_Goal of the exercise_. Copy out each line below in which the string "return" appears.

(Saved data entries)
———

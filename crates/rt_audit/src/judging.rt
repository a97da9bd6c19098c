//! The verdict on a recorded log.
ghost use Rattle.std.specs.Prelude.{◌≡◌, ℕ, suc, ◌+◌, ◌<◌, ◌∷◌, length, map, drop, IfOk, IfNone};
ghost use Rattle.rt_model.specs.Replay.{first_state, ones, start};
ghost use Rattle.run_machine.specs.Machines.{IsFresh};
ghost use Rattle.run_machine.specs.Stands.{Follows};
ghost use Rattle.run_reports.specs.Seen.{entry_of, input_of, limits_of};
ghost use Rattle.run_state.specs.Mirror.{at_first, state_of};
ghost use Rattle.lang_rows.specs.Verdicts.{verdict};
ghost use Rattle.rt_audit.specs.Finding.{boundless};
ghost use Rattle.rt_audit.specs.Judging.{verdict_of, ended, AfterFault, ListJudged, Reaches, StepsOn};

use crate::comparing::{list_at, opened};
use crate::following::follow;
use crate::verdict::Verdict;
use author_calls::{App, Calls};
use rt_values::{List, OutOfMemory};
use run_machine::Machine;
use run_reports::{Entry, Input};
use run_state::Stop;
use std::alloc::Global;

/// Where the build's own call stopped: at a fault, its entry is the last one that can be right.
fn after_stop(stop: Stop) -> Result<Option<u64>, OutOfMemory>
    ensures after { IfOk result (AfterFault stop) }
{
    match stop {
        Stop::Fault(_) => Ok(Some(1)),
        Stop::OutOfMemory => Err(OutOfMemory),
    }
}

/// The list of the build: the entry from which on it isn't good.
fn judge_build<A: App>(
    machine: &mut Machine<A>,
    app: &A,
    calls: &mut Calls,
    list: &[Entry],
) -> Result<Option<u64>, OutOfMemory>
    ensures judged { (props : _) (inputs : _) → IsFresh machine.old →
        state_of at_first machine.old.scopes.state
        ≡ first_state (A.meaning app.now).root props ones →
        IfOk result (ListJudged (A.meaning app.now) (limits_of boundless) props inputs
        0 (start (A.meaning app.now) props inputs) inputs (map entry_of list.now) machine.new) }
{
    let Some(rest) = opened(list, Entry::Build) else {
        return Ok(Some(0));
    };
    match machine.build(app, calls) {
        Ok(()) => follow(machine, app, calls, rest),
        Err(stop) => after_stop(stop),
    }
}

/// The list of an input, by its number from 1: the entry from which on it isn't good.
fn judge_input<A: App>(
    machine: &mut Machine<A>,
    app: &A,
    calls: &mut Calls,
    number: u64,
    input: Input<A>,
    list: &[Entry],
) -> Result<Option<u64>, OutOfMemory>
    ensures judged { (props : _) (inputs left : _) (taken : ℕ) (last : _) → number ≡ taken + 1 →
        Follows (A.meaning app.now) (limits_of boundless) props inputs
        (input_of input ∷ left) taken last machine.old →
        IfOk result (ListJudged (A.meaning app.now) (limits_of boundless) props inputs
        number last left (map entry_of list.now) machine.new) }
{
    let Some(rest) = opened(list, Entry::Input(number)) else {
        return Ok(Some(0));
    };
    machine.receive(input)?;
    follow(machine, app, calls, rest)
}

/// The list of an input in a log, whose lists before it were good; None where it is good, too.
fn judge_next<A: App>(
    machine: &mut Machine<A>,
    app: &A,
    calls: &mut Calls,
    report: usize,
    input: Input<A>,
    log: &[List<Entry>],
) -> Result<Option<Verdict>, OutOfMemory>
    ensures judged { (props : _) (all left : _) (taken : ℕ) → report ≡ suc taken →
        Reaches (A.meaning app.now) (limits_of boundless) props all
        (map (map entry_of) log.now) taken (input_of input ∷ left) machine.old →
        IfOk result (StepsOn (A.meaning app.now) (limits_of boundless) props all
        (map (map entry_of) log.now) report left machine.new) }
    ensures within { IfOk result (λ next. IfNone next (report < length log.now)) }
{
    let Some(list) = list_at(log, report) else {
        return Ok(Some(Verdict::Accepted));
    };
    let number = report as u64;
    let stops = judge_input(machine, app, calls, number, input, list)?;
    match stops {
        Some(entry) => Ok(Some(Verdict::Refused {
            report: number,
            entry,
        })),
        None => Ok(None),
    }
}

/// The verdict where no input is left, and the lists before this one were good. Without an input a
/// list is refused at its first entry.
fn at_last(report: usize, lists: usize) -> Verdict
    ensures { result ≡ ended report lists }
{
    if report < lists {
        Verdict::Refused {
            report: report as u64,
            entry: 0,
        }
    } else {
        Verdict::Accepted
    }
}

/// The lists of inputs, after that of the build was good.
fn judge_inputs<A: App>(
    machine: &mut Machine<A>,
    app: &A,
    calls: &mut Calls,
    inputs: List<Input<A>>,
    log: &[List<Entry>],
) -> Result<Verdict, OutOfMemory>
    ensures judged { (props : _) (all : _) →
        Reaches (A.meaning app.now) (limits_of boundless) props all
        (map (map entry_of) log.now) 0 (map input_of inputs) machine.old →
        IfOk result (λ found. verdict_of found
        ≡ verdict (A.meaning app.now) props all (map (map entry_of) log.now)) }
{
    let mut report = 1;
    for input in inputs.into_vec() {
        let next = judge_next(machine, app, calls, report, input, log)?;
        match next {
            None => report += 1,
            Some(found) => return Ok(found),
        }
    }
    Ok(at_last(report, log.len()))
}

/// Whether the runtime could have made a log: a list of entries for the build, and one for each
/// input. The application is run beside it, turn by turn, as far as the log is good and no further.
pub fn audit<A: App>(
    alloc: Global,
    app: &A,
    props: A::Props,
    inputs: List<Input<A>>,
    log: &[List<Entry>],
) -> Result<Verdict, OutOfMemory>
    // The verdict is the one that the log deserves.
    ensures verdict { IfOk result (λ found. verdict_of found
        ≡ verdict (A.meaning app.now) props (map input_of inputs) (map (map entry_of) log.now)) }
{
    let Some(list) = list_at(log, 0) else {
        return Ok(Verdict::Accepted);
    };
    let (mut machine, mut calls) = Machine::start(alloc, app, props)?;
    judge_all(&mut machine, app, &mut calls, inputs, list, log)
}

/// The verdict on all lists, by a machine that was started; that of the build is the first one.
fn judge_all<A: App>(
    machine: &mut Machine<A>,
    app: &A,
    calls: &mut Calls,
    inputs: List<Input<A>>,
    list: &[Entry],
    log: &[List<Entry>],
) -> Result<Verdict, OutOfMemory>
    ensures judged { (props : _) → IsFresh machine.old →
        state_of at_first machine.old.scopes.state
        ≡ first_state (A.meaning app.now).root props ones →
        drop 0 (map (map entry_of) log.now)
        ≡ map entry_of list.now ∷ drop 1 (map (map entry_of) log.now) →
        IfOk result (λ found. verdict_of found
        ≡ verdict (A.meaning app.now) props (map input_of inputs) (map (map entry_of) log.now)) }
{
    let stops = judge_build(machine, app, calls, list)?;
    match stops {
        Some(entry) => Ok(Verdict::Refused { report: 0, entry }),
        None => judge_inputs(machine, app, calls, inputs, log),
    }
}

———

_Response area_.
        return Ok(Some(0));
        return Ok(Some(0));
        return Ok(Some(Verdict::Accepted));
            Some(found) => return Ok(found),
        return Ok(Verdict::Accepted);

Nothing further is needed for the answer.